Task:
Please retype exactly, and with nothing added, the lines of the material from the one with "disk.new.drive.clean → FlushesIf" through the final one.
─── Source data ───
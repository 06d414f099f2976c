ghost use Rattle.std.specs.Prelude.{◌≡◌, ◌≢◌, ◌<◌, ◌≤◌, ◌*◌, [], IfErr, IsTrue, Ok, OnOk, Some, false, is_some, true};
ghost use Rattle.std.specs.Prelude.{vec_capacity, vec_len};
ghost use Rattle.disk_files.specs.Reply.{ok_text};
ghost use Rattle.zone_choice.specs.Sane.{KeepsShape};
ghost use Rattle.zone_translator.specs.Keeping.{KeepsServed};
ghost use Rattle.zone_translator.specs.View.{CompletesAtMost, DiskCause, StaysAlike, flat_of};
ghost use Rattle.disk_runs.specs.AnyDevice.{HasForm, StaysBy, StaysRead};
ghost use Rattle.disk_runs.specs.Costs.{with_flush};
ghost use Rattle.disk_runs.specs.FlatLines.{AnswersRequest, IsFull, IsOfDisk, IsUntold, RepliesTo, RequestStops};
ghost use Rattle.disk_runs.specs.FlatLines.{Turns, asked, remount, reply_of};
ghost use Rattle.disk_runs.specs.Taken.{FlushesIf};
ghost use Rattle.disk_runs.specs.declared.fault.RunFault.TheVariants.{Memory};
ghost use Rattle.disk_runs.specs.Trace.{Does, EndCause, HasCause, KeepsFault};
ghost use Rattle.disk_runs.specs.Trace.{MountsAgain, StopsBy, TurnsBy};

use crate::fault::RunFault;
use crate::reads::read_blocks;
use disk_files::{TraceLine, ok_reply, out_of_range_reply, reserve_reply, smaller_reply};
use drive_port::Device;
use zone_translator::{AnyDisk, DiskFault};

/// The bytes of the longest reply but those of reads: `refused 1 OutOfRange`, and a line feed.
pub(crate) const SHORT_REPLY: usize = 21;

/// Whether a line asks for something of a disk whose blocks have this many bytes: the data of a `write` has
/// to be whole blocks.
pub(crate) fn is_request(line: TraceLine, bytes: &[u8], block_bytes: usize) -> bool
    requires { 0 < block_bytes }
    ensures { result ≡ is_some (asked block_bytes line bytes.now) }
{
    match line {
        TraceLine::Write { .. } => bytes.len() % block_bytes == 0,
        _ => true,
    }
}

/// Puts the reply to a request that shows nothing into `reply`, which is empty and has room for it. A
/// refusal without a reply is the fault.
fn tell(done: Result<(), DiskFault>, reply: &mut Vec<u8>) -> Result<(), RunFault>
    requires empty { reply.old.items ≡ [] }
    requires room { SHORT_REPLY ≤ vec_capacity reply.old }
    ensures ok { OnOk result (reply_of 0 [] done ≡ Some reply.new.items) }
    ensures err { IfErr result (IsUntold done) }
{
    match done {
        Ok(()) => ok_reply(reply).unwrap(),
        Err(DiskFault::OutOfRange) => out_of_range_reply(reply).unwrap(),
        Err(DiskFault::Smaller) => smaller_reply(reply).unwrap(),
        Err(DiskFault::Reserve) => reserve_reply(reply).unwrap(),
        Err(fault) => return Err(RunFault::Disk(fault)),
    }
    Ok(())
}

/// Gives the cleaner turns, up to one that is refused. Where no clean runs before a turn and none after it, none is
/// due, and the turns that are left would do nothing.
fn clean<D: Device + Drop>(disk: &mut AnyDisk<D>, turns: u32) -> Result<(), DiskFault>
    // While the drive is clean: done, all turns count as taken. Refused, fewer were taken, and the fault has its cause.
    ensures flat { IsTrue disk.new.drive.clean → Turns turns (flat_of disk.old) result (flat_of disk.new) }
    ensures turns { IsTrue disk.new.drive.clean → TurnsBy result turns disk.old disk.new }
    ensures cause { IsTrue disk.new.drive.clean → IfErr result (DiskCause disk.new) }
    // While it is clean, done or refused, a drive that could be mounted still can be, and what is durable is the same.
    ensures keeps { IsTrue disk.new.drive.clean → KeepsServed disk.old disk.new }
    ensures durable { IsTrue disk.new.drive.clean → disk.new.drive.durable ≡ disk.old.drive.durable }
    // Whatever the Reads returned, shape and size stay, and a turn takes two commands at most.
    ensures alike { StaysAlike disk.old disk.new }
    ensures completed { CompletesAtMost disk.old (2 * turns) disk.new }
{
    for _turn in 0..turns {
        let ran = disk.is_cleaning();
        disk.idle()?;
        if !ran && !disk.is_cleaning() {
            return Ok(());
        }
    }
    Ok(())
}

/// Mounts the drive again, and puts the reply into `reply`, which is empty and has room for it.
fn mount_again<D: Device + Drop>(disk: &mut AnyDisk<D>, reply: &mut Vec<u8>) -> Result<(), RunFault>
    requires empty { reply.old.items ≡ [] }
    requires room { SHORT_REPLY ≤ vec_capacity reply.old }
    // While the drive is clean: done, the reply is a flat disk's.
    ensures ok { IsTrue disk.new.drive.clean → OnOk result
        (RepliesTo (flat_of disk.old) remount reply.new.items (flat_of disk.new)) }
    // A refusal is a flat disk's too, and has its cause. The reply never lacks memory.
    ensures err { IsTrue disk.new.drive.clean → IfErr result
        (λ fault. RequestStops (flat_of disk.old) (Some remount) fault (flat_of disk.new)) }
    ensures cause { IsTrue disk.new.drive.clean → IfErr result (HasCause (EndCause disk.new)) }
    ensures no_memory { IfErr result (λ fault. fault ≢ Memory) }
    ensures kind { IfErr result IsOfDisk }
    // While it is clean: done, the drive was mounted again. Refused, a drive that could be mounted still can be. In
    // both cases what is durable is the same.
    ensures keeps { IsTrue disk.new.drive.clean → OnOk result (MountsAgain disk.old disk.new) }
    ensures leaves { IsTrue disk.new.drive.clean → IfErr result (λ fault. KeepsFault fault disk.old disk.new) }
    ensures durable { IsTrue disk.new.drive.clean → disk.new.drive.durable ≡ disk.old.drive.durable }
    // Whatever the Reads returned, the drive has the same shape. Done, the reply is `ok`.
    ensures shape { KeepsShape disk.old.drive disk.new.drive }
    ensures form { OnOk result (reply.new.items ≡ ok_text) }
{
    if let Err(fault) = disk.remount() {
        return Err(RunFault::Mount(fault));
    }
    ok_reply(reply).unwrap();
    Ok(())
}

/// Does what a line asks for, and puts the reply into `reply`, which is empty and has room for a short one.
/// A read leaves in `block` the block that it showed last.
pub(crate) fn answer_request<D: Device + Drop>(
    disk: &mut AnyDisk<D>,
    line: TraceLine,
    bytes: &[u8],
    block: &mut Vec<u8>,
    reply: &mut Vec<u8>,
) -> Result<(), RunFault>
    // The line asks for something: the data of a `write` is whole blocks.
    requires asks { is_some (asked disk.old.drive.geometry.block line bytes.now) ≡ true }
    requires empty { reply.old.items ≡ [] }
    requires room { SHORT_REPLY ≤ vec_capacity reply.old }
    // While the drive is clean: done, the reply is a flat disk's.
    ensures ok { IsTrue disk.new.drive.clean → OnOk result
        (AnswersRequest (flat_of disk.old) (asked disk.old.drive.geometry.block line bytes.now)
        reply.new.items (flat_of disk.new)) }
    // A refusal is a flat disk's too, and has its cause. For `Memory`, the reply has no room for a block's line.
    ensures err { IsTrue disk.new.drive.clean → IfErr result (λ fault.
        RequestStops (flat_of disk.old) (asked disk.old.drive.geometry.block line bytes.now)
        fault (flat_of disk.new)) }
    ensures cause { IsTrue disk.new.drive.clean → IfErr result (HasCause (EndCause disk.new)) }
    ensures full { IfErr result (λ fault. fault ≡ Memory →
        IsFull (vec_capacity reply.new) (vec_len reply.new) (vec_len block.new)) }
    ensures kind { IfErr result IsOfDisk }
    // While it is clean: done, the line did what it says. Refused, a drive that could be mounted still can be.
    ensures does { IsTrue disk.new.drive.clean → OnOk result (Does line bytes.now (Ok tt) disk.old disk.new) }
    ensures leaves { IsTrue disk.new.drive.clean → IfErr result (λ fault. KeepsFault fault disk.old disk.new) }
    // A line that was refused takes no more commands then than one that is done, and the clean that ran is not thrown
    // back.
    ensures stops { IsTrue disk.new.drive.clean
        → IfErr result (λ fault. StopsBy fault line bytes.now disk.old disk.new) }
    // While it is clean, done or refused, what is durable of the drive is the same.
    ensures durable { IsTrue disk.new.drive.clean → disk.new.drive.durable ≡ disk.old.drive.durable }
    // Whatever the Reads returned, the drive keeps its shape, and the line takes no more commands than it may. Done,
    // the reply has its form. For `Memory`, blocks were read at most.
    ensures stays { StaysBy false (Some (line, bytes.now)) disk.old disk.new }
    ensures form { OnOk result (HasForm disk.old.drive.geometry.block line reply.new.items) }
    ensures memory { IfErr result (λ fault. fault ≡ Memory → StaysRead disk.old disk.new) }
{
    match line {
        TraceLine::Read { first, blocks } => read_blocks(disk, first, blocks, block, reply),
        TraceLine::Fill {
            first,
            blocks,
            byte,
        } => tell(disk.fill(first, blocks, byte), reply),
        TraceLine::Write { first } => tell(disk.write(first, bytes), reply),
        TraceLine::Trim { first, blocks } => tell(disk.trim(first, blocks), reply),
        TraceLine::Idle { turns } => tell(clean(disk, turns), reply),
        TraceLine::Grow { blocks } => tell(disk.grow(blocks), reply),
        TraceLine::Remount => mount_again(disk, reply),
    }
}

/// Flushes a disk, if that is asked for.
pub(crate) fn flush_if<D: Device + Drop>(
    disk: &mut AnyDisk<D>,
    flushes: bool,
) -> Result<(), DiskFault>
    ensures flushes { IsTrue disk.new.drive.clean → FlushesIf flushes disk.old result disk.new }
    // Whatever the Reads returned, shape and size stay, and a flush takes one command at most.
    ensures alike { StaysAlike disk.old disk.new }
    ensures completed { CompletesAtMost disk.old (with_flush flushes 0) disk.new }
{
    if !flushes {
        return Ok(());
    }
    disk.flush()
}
───
Answer for the task:
    ensures flushes { IsTrue disk.new.drive.clean → FlushesIf flushes disk.old result disk.new }
    // Whatever the Reads returned, shape and size stay, and a flush takes one command at most.
    ensures alike { StaysAlike disk.old disk.new }
    ensures completed { CompletesAtMost disk.old (with_flush flushes 0) disk.new }
{
    if !flushes {
        return Ok(());
    }
    disk.flush()
}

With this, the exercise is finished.